English actor and singer

Bill Homewood is an English television and stage actor and singer. He worked on several BBC Children's television series in the 1970s and 1980s, and was subsequently known for his work in the Royal Shakespeare Company, in the West End, on tour, and his recordings of audiobooks. He is also a published poet.

==Career==
=== Early career ===
After training, Homewood joined the Sadler's Wells New Opera Company of Sadler's Wells at the London Coliseum (later the English Opera Company) as a principal, playing opposite John Tomlinson as Historian in Elizabeth Lutyens's Time Off, and performed in concert and oratorio. He also travelled in solo cabaret (songs with guitar) across Britain and started his television career on BBC Children's Television where he became a regular in such shows as Watch, Multi-Coloured Swap Shop, Saturday Superstore, Rainbow and So You Want to be Top?. He was well known as "The Backwards Man", owing to his unusual ability to speak (and sing) backwards, demonstrated in his regular performance as Rongad in The Adventure Game for the BBC. Also for the BBC he played Blondel in The Talisman and Player King in Hamlet with Derek Jacobi in the title role.

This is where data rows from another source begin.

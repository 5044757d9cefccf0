// The change of the code at a place.
ghost use Rattle.std.specs.Prelude.{◌≡◌, ◌<◌, length, nat_eq, ◌||◌, IfOk};
ghost use Rattle.std.specs.List.{list_any};
ghost use Rattle.tree_model.specs.Nodes.{nodes};
ghost use Rattle.st_tree.specs.View.{sequence_of, method_of};
ghost use Rattle.image_model.specs.Uses.{is_sender};
ghost use Rattle.class_table.specs.declared.record.Place.TheVariants as places;
ghost use Rattle.class_table.specs.Valid.{IsOrderly};
ghost use Rattle.command_numbers.specs.CommandNames.{CommandNames};
ghost use Rattle.parameter_plans.specs.Given.{parameter_command, remaking_of};
ghost use Rattle.remade_plans.specs.Remade.{change_at};

use crate::given::ParameterChange;
use crate::laws::law_known;
use change_set::Change;
use class_table::{DoIt, Image, MethodRec, MethodSlot, Place};
use mentions::nodes_of;
use node_questions::sends;
use rb_base::{Memory, NameId, Steps, Text};
use remade_code::remake_doit;
use st_formatter::{format_doit, format_method};
use st_tree::{Method, Sequence, try_copy, try_copy_doit};
use std::alloc::Global;
use std::sync::ledger::Ledger;

/// Whether a node of the body sends the selector.
fn is_sent(alloc: Global, body: &Sequence, selector: NameId) -> Result<bool, Memory>
    ensures { IfOk result (λ sent. sent ≡ list_any (λ e. is_sender nat_eq selector e.1) (nodes (sequence_of body.now))) }
{
    let nodes = nodes_of(alloc, body)?;
    for node in nodes.as_slice() {
        if sends(*node, selector) {
            return Ok(true);
        }
    }
    Ok(false)
}

/// Whether the method has the selector, or a node of it sends it.
fn speaks_of(alloc: Global, method: &Method, selector: NameId) -> Result<bool, Memory>
    ensures { IfOk result (λ spoken. spoken ≡ (nat_eq selector method.now.selector || list_any (λ e. is_sender nat_eq selector e.1) (nodes (sequence_of method.now.body)))) }
{
    if selector == method.selector {
        return Ok(true);
    }
    is_sent(alloc, &method.body, selector)
}

/// The change of the method in a slot.
fn method_change<L: Ledger>(
    alloc: Global,
    image: &Image,
    slot: MethodSlot,
    parameter: &ParameterChange<'_>,
    steps: &mut Steps<L>,
) -> Result<Option<Change>, Memory>
    requires orderly { IsOrderly image.now }
    requires known { CommandNames (λ n. n < length image.now.names) (parameter_command parameter.now) }
    ensures { IfOk result (λ found. found ≡ change_at image.now (remaking_of parameter.now) (places.Method slot)) }
{
    law_known();
    let Some(info) = image.method_info(slot) else {
        return Ok(None);
    };
    let Some(tree) = image.open_body(slot, steps) else {
        return Ok(None);
    };
    let spoken = speaks_of(alloc, tree, parameter.selector())?;
    if !spoken {
        return Ok(None);
    }
    let mut tree = try_copy(alloc, tree)?;
    parameter.change_method(alloc, &mut tree)?;
    let mut source = Text::new(alloc);
    format_method(alloc, &tree, image.names(), &mut source)?;
    let rec = MethodRec {
        class: info.class,
        meta: info.meta,
        protocol: Text::from_slice(alloc, info.protocol)?,
        source,
        tree,
        kernel: info.kernel,
    };
    Ok(Some(Change::Method { slot, rec }))
}

/// The change of the do-it of a number.
fn doit_change<L: Ledger>(
    alloc: Global,
    image: &Image,
    number: usize,
    parameter: &ParameterChange<'_>,
    steps: &mut Steps<L>,
) -> Result<Option<Change>, Memory>
    requires orderly { IsOrderly image.now }
    requires known { CommandNames (λ n. n < length image.now.names) (parameter_command parameter.now) }
    ensures { IfOk result (λ found. found ≡ change_at image.now (remaking_of parameter.now) (places.DoIt number)) }
{
    law_known();
    let Some(body) = image.open_doit(number, steps) else {
        return Ok(None);
    };
    let sent = is_sent(alloc, body, parameter.selector())?;
    if !sent {
        return Ok(None);
    }
    let mut body = try_copy_doit(alloc, body)?;
    remake_doit(alloc, parameter, &mut body)?;
    let mut source = Text::new(alloc);
    format_doit(alloc, &body, image.names(), &mut source)?;
    let doit = DoIt { source, body };
    Ok(Some(Change::DoIt { number, doit }))
}

/// The change of the code at a place, if it has or sends the selector. The source of changed code is its canonical text. Opens
/// the code once.
pub(crate) fn code_change<L: Ledger>(
    alloc: Global,
    image: &Image,
    place: Place,
    parameter: &ParameterChange<'_>,
    steps: &mut Steps<L>,
) -> Result<Option<Change>, Memory>
    requires orderly { IsOrderly image.now }
    requires known { CommandNames (λ n. n < length image.now.names) (parameter_command parameter.now) }
    ensures { IfOk result (λ found. found ≡ change_at image.now (remaking_of parameter.now) place) }
{
    match place {
        Place::Method(slot) => method_change(alloc, image, slot, parameter, steps),
        Place::DoIt(number) => doit_change(alloc, image, number, parameter, steps),
    }
}
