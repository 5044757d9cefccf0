//! The changes by which an argument comes to a selector or leaves it: one of each method and do-it that has or sends the
//! selector (Roberts 1999).
#![tactic(auto)]

mod code;
mod given;
mod laws;
mod passing;
mod planning;

pub use given::ParameterChange;
pub use planning::plan_parameter;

=== Radio and audiobooks ===

Homewood's radio drama credits include Captain Hook in Peter Pan (PBS Radio, US) and Saturday Night and Sunday Morning for BBC Radio. He has recorded several audiobook CDs for companies such as Naxos, including Les Misérables, The Three Musketeers, The Hunchback Of Notre Dame, The Man In The Iron Mask, Tom Jones, King Solomon's Mimes, She, Gargantua & Pantagruel, Shakespeare's Lovers (with Estelle Kohler) and the Zorro series. Homewood's Count Of Monte Cristo for Naxos is an evergreen audiobook best-seller.

In 2016 Ukemi Audiobooks released Great French Poems, a solo album in which Homewood performs 35 classics, delivering each poem first in French and then in his own English translation.

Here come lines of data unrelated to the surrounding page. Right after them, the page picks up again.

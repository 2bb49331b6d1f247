//! What a node answers to what arrives, over its alignment.
ghost use Rattle.std.specs.Prelude.{◌≡◌, ℕ, ◌∷◌, ◌<◌, List, Option, length, map};
ghost use Rattle.std.specs.List.{AllByRecursion};
ghost use Rattle.pdc_align.specs.Align.{StandsFor, Unchanged};
ghost use Rattle.pdc_cfg.specs.Section.{SectionFields};
ghost use Rattle.pdc_life.specs.Answer.{answered, ToArrive};
ghost use Rattle.pdc_life.specs.Arrival.{Data, Layout, Stamp};
ghost use Rattle.pdc_life.specs.Given.{Given, count_for};
ghost use Rattle.pdc_life.specs.Life.{Entry};
ghost use Rattle.pdc_life.specs.Node.{node_answer};
ghost use Rattle.pdc_life.specs.Run.{IsRun};
ghost use Rattle.pdc_node.specs.Node.{IsOwn, IsReady};
ghost use Rattle.pdc_arrival.specs.Views.{arrival_view, section_part};

use pdc_align::{Alignment, others_are_left};
use pdc_arrival::{Arrival, ColumnSection, count_for, is_candidate, section_answer};
use pdc_block::Body;
use pdc_cfg::CfgFault;
use pdc_life::{MAX_PMUS, Outcome, Refusal};
use pdc_table::Table;

/// Answers data of a PMU, and takes it where it comes in time.
pub fn answer_data<T: Table>(
    alignment: &mut Alignment<T>,
    stream: usize,
    instant: u64,
    quality: u8,
    payload: &[u8],
) -> Outcome
    requires { IsReady alignment.old.state stream }
    ensures answer { (g : Given) (E : List Entry) → StandsFor g E alignment.old.state →
        result ≡ (node_answer g E stream (Data instant quality payload.now)).outcome }
    ensures stands { (g : Given) (E : List Entry) (bytes : List ℕ) →
        StandsFor g E alignment.old.state →
        IsRun g (answered node_answer g E (ToArrive stream bytes
        (Data instant quality payload.now)) ∷ E) →
        StandsFor g (answered node_answer g E (ToArrive stream bytes
        (Data instant quality payload.now)) ∷ E) alignment.new.state }
    ensures unchanged { Unchanged alignment.old alignment.new }
{
    others_are_left();
    let Some(shape) = alignment.shape_in_force(stream) else {
        return Outcome::Refused(Refusal::NoConfig);
    };
    if payload.len() != 2 * shape.word_count() {
        return Outcome::Refused(Refusal::WrongLength);
    }
    let body = Body {
        shape,
        bytes: payload,
    };
    alignment.put(stream, instant, &[(stream, body)], quality)
}

/// Answers a configuration of a PMU, and holds its section where it is new.
fn answer_layout<T: Table>(
    alignment: &mut Alignment<T>,
    opening: u16,
    stream: usize,
    sections: &[ColumnSection<'_>],
) -> Outcome
    requires ready { IsReady alignment.old.state stream }
    requires own { AllByRecursion (λ (part : ℕ × SectionFields). part.0 ≡
        stream) (map section_part sections.now) }
    ensures answer { (g : Given) (E : List Entry) (stamp : Option Stamp) →
        StandsFor g E alignment.old.state → opening ≡ count_for stream g.counts →
        result ≡ (node_answer g E stream (Layout stamp (map section_part sections.now))).outcome }
    ensures stands { (g : Given) (E : List Entry) (bytes : List ℕ) (stamp : Option Stamp) →
        StandsFor g E alignment.old.state → opening ≡ count_for stream g.counts →
        IsRun g (answered node_answer g E (ToArrive stream bytes
        (Layout stamp (map section_part sections.now))) ∷ E) →
        StandsFor g (answered node_answer g E (ToArrive stream bytes
        (Layout stamp (map section_part sections.now))) ∷ E) alignment.new.state }
    ensures unchanged { Unchanged alignment.old alignment.new }
{
    others_are_left();
    let [only] = sections else {
        return Outcome::Refused(Refusal::NoConfiguration(CfgFault::TooMany));
    };
    let outcome = section_answer(opening, alignment.held(stream), &only.section);
    if is_candidate(outcome) {
        alignment.hold(sections);
    }
    outcome
}

/// Answers what arrives for a PMU.
pub fn answer<T: Table>(
    alignment: &mut Alignment<T>,
    opening: &[u16; MAX_PMUS],
    stream: usize,
    arrival: &Arrival<'_>,
) -> Outcome
    requires ready { IsReady alignment.old.state stream }
    requires own { IsOwn stream (arrival_view arrival.now) }
    ensures answer { (g : Given) (E : List Entry) → StandsFor g E alignment.old.state →
        opening.now ≡ g.counts →
        result ≡ (node_answer g E stream (arrival_view arrival.now)).outcome }
    ensures stands { (g : Given) (E : List Entry) (bytes : List ℕ) →
        StandsFor g E alignment.old.state → opening.now ≡ g.counts →
        IsRun g (answered node_answer g E (ToArrive stream bytes (arrival_view arrival.now)) ∷ E) →
        StandsFor g (answered node_answer g E (ToArrive stream bytes (arrival_view arrival.now)) ∷
        E) alignment.new.state }
    ensures unchanged { Unchanged alignment.old alignment.new }
{
    others_are_left();
    match arrival {
        Arrival::BytesRefused(refusal) => Outcome::Refused(*refusal),
        Arrival::Data {
            instant,
            quality,
            payload,
        } => answer_data(alignment, stream, *instant, *quality, payload),
        Arrival::Layout { sections, .. } => {
            answer_layout(alignment, count_for(stream, opening), stream, sections)
        }
    }
}
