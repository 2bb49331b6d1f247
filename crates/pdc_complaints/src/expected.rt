//! What the settings say of a stream.

use arrayvec::ArrayVec;
use pdc_life::MAX_PMUS;

/// What the settings say of a stream.
#[derive(Drop)]
pub struct Expected {
    /// The UDP port that it comes to; 0 where it is asked for over TCP.
    pub port: u16,
    /// The id of the stream.
    pub id: u16,
    /// The id that the first section of its configuration bears: of a PMU its source, of a node its own.
    pub source: u16,
    /// The counts of FRACSEC in a second.
    pub time_base: u32,
    /// The frames a second.
    pub rate: u16,
    /// The sources of the sections behind the first, in their order: of a PMU there are none.
    pub others: ArrayVec<u16, MAX_PMUS>,
}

=== Visiting academic appointments ===

In 1979 Homewood was made Honorary Citizen of Austin, Texas. He has held several visiting appointments in conservatories and universities, including Visiting Fellow in Theatre at Lancaster University, Dean of the British American Drama Academy and has been twice Eminent Chair in Theatre at Florida Atlantic University.

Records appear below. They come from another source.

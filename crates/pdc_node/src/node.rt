//! A node.
ghost use Rattle.std.specs.Prelude.{◌≡◌, ◌<◌, ◌∷◌, ℕ, [], IfOk, List, length, true, OnErr};
ghost use Rattle.pdc_core.specs.pdc_memory.Asking.{SomeWasRefused};
ghost use Rattle.pdc_align.specs.Align.{given_by};
ghost use Rattle.pdc_arrival.specs.Counts.{after_answer};
ghost use Rattle.pdc_core.specs.Fits.{fits_node};
ghost use Rattle.pdc_core.specs.KeptArrival.{taken_view};
ghost use Rattle.pdc_core.specs.Lent.{lent_view};
ghost use Rattle.pdc_life.specs.Answer.{ToArrive, answered};
ghost use Rattle.pdc_life.specs.Arrival.{BytesRefused, Data};
ghost use Rattle.pdc_life.specs.CoreKind.{given_of, OfNode, Says};
ghost use Rattle.pdc_life.specs.Given.{Given};
ghost use Rattle.pdc_life.specs.Life.{Entry};
ghost use Rattle.pdc_life.specs.Node.{node_answer};
ghost use Rattle.pdc_life.specs.Views.{arrival_view as reading_view};
ghost use Rattle.pdc_node.specs.Node.{StandsFor};

use crate::answering;
use crate::opens::copy_of;
use pdc_align::{Alignment, Plan, Ticked, append_layout_frame, others_are_left};
use pdc_arrival::{Arrival, Counts, arrival_from_pmu, hear_from_pmu};
use pdc_core::{Core, KeptArrival, LentData};
use pdc_frame::Buffer;
use pdc_life::{
    MAX_PMUS, Outcome, Reading, Refusal, SectionView, Settings, lives_are_runs, rows_have_tags,
};
use pdc_table::{DueRow, HeldBox, Table};
use std::alloc::{AllocError, Global};
use std::marker::Model;

/// A node over a table.
#[derive(Drop)]
pub struct Node<T: Table> {
    settings: Settings,
    start: u32,
    opening: [u16; MAX_PMUS],
    alignment: Alignment<T>,
    counts: Counts,
}

impl<T: Table> Model for Node<T> {
    ghost use Rattle.std.specs.Prelude.{length};
    ghost use Rattle.pdc_align.specs.Align.{HasSizes};
    ghost use Rattle.pdc_node.specs.Node.{NodeView};

    ghost Value = { NodeView };

    ghost view = { λ n. record {
      settings = n.settings;
      start = n.start;
      opening = n.opening;
      state = n.alignment.state;
      counts = n.counts;
      memory = n.alignment.memory;
      popped = n.alignment.popped;
    } };

    ghost invariant = { λ n. HasSizes (length n.settings.pmus.items) 1 n.alignment.state };
}

/// How the instants of a node are aligned: each PMU has a stream and a column of its own.
fn plan_of(settings: &Settings) -> Plan
    ensures given { (start floor : ℕ) (counts : List ℕ) (opening : ℕ) →
        given_by result settings.now.output start floor counts opening ≡
        given_of (OfNode settings.now) start floor counts opening }
    ensures columns { result.columns ≡ length settings.now.pmus.items }
    ensures lanes { result.lanes ≡ 1 }
{
    Plan {
        wait: settings.timing.wait,
        wait_kind: settings.timing.wait_kind,
        window: settings.timing.window,
        ahead: settings.timing.ahead,
        columns: settings.pmus.len(),
        lanes: 1,
    }
}

impl<T: Table> Node<T> {
    /// A node at the start of a life: the number of the start, the instant up to which all is published, for each PMU the count
    /// below which no configuration is held, and what counts as now until the first tick.
    ///
    /// # Errors
    ///
    /// [`AllocError`] where a request for memory was refused. No other call makes one, but for a layout for which there is no room.
    pub fn open(
        alloc: Global,
        settings: Settings,
        start: u32,
        floor: u64,
        counts: &[u16; MAX_PMUS],
        now: u64,
    ) -> Result<Node<T>, AllocError>
        ensures stands { IfOk result (λ n. StandsFor
            (given_of (OfNode settings) start floor counts.now now) [] n) }
        ensures settings { IfOk result (λ n. n.settings ≡ settings) }
        ensures popped { IfOk result (λ n. n.popped ≡ floor) }
        ensures refused { OnErr result SomeWasRefused }
    {
        let alignment = Alignment::new(alloc, plan_of(&settings), start, floor, counts, now)?;
        Ok(Node {
            settings,
            start,
            opening: *counts,
            alignment,
            counts: Counts::new(),
        })
    }

    /// Answers data of a PMU, and takes it where it is to be taken.
    fn arrive_data(&mut self, stream: usize, instant: u64, quality: u8, payload: &[u8]) -> Outcome
        requires { stream < length self.old.settings.pmus.items }
        ensures answer { (g : Given) (E : List Entry) → StandsFor g E self.old →
            result ≡ (node_answer g E stream (Data instant quality payload.now)).outcome }
        ensures stands { (g : Given) (E : List Entry) (bytes : List ℕ) →
            Says (OfNode self.old.settings) stream bytes (Data instant quality payload.now) →
            StandsFor g E self.old →
            StandsFor g (answered node_answer g E (ToArrive stream bytes
            (Data instant quality payload.now)) ∷ E) self.new }
        ensures counts { self.new.counts ≡ after_answer result self.old.counts }
        ensures popped { self.new.popped ≡ self.old.popped }
        ensures settings { self.new.settings ≡ self.old.settings }
        ensures memory { self.new.memory ≡ self.old.memory }
    {
        lives_are_runs();
        let outcome = answering::answer_data(
            &mut self.alignment,
            stream,
            instant,
            quality,
            payload,
        );
        self.counts.count(outcome);
        outcome
    }

    /// Answers refused bytes, of whatever stream: they are counted, and nothing else changes.
    fn arrive_refused(&mut self, refusal: Refusal) -> Outcome
        ensures answer { (g : Given) (E : List Entry) (stream : ℕ) → StandsFor g E self.old →
            result ≡ (node_answer g E stream (BytesRefused refusal)).outcome }
        ensures stands { (g : Given) (E : List Entry) (stream : ℕ) (bytes : List ℕ) →
            Says (OfNode self.old.settings) stream bytes (BytesRefused refusal) →
            StandsFor g E self.old →
            StandsFor g (answered node_answer g E (ToArrive stream bytes (BytesRefused refusal)) ∷
            E) self.new }
        ensures counts { self.new.counts ≡ after_answer result self.old.counts }
        ensures popped { self.new.popped ≡ self.old.popped }
        ensures settings { self.new.settings ≡ self.old.settings }
        ensures memory { self.new.memory ≡ self.old.memory }
    {
        lives_are_runs();
        others_are_left();
        let outcome = Outcome::Refused(refusal);
        self.counts.count(outcome);
        outcome
    }

    /// Answers what was kept of an arrival. It stands apart, so that refused bytes do not pay for an [`Arrival`].
    #[inline(never)]
    fn arrive_whole(&mut self, stream: usize, taken: &KeptArrival) -> Outcome
        requires { fits_node self.old.settings stream (taken_view taken.now) ≡ true }
        ensures answer { (g : Given) (E : List Entry) → StandsFor g E self.old →
            result ≡ (node_answer g E stream (taken_view taken.now)).outcome }
        ensures stands { (g : Given) (E : List Entry) (bytes : List ℕ) →
            Says (OfNode self.old.settings) stream bytes (taken_view taken.now) →
            StandsFor g E self.old →
            StandsFor g (answered node_answer g E (ToArrive stream bytes (taken_view taken.now)) ∷
            E) self.new }
        ensures counts { self.new.counts ≡ after_answer result self.old.counts }
        ensures popped { self.new.popped ≡ self.old.popped }
        ensures settings { self.new.settings ≡ self.old.settings }
        ensures memory { self.new.memory ≡ self.old.memory }
    {
        let arrival = taken.view();
        self.arrive(stream, &arrival)
    }

    /// Answers data that is lent, whether its check word is computed or not. It stands apart for the same reason.
    #[inline(never)]
    fn arrive_claimed(&mut self, stream: usize, lent: &LentData<'_>) -> Outcome
        requires { fits_node self.old.settings stream (lent_view lent.now) ≡ true }
        ensures answer { (g : Given) (E : List Entry) → StandsFor g E self.old →
            result ≡ (node_answer g E stream (lent_view lent.now)).outcome }
        ensures stands { (g : Given) (E : List Entry) (bytes : List ℕ) →
            Says (OfNode self.old.settings) stream bytes (lent_view lent.now) →
            StandsFor g E self.old →
            StandsFor g (answered node_answer g E (ToArrive stream bytes (lent_view lent.now)) ∷
            E) self.new }
        ensures counts { self.new.counts ≡ after_answer result self.old.counts }
        ensures popped { self.new.popped ≡ self.old.popped }
        ensures settings { self.new.settings ≡ self.old.settings }
        ensures memory { self.new.memory ≡ self.old.memory }
    {
        let arrival = lent.view();
        self.arrive(stream, &arrival)
    }

    /// Answers what was read of a datagram, whatever it is. It stands apart for the same reason.
    #[inline(never)]
    fn arrive_read(&mut self, stream: usize, reading: Reading<'_, SectionView<'_>>) -> Outcome
        requires { fits_node self.old.settings stream (reading_view stream reading) ≡ true }
        ensures answer { (g : Given) (E : List Entry) → StandsFor g E self.old →
            result ≡ (node_answer g E stream (reading_view stream reading.entry)).outcome }
        ensures stands { (g : Given) (E : List Entry) (bytes : List ℕ) →
            Says (OfNode self.old.settings) stream bytes (reading_view stream reading.entry) →
            StandsFor g E self.old →
            StandsFor g (answered node_answer g E (ToArrive stream bytes
            (reading_view stream reading.entry)) ∷ E) self.new }
        ensures counts { self.new.counts ≡ after_answer result self.old.counts }
        ensures popped { self.new.popped ≡ self.old.popped }
        ensures settings { self.new.settings ≡ self.old.settings }
        ensures memory { self.new.memory ≡ self.old.memory }
    {
        let arrival = arrival_from_pmu(stream, reading);
        self.arrive(stream, &arrival)
    }
}

/// A stream comes from each PMU, and has the column of its number.
impl<T: Table> Core for Node<T> {
    type Settings = Settings;

    ghost settings_of = { λ n. n.settings };

    ghost stands_for = { λ n g E. StandsFor g E n };

    ghost rules = { node_answer };

    ghost counts_of = { λ n. n.counts };

    ghost popped_of = { λ n. n.popped };

    ghost memory = { λ n. n.memory };

    fn settings(&self) -> &Settings {
        &self.settings
    }

    fn arrive(&mut self, stream: usize, arrival: &Arrival<'_>) -> Outcome {
        lives_are_runs();
        let outcome = answering::answer(&mut self.alignment, &self.opening, stream, arrival);
        self.counts.count(outcome);
        outcome
    }

    /// Refused bytes are answered as they were kept: an [`Arrival`] has room for all sections of a layout, and is made for the others.
    fn arrive_kept(&mut self, stream: usize, taken: &KeptArrival) -> Outcome {
        match taken {
            KeptArrival::BytesRefused(refusal) => self.arrive_refused(*refusal),
            _ => self.arrive_whole(stream, taken),
        }
    }

    /// Data is answered as it was read, with no [`Arrival`] between. A PMU's has its check word computed.
    fn arrive_lent(&mut self, stream: usize, lent: &LentData<'_>) -> Outcome {
        match lent.claim {
            None => self.arrive_data(stream, lent.instant, lent.quality, lent.payload),
            Some(_) => {
                let data = *lent;
                self.arrive_claimed(stream, &data)
            }
        }
    }

    /// Data and refused bytes are answered as they were read: an [`Arrival`] has room for all sections of a layout, and is made for
    /// configurations alone.
    fn put_datagram(&mut self, stream: usize, bytes: &[u8]) -> Outcome {
        match hear_from_pmu(&self.settings, stream, bytes) {
            Reading::Data {
                instant,
                quality,
                payload,
            } => self.arrive_data(stream, instant, quality, payload),
            Reading::BytesRefused(refusal) => self.arrive_refused(refusal),
            reading => self.arrive_read(stream, reading),
        }
    }

    /// A tick. Rows close under the layout before it, and then what is held comes into force.
    fn tick(&mut self, now: u64, counts: &[u16; MAX_PMUS]) -> Ticked {
        self.alignment.tick(now, counts)
    }

    fn pop_due(&mut self) -> Option<DueRow> {
        rows_have_tags();
        self.alignment.pop_due()
    }

    fn pop_into(&mut self, row: &mut HeldBox<DueRow>) -> bool {
        rows_have_tags();
        self.alignment.pop_into(row)
    }

    fn next_due(&self) -> Option<u64> {
        rows_have_tags();
        self.alignment.next_due()
    }

    fn is_whole(&self) -> bool {
        self.alignment.is_whole()
    }

    /// Appends the frame of the layout in force: the node's own section, and those in force.
    fn layout_frame<B: Buffer>(&self, soc: u32, out: &mut B) -> Result<(), AllocError> {
        append_layout_frame(
            &self.alignment,
            &self.settings.output,
            self.start,
            self.settings.pmus.len(),
            soc,
            out,
        )
    }

    fn counts(&self) -> Counts {
        self.counts
    }

    fn copy_from(&mut self, other: &Node<T>) {
        self.settings = copy_of(&other.settings);
        self.start = other.start;
        self.opening = other.opening;
        self.alignment.copy_from(&other.alignment);
        self.counts = other.counts;
    }

    /// For each PMU the count that waits to be stored: the greater of the cleared and the held one; 0 past the last.
    fn waiting(&self) -> [u16; MAX_PMUS] {
        self.alignment.waiting()
    }
}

In 1983 he founded the Shakespeare text course at RADA, London.

== Published credits ==
Homewood's publications include Theatrical Letters – 400 years of English-speaking Theatre History, in the words of the actors themselves; foreword by Sir John Gielgud, Marginalia Press 1995, Under The Blue – Selected Poems by Bill Homewood, Mimosa Books 2015 Poésies – Poèmes et Chansonnettes by Bill Homewood (in French), Mimosa Books 2017. Homewood's translation of St Exupéry's Terre Des Hommes (Land Of Men) was released in 2016 on Ukemi Audiobooks. His other writing credits include many commissioned screenplays and play scripts, including Kafka's The Trial, premiered at the Young Vic Theatre, London in 1993, starring James Wilby.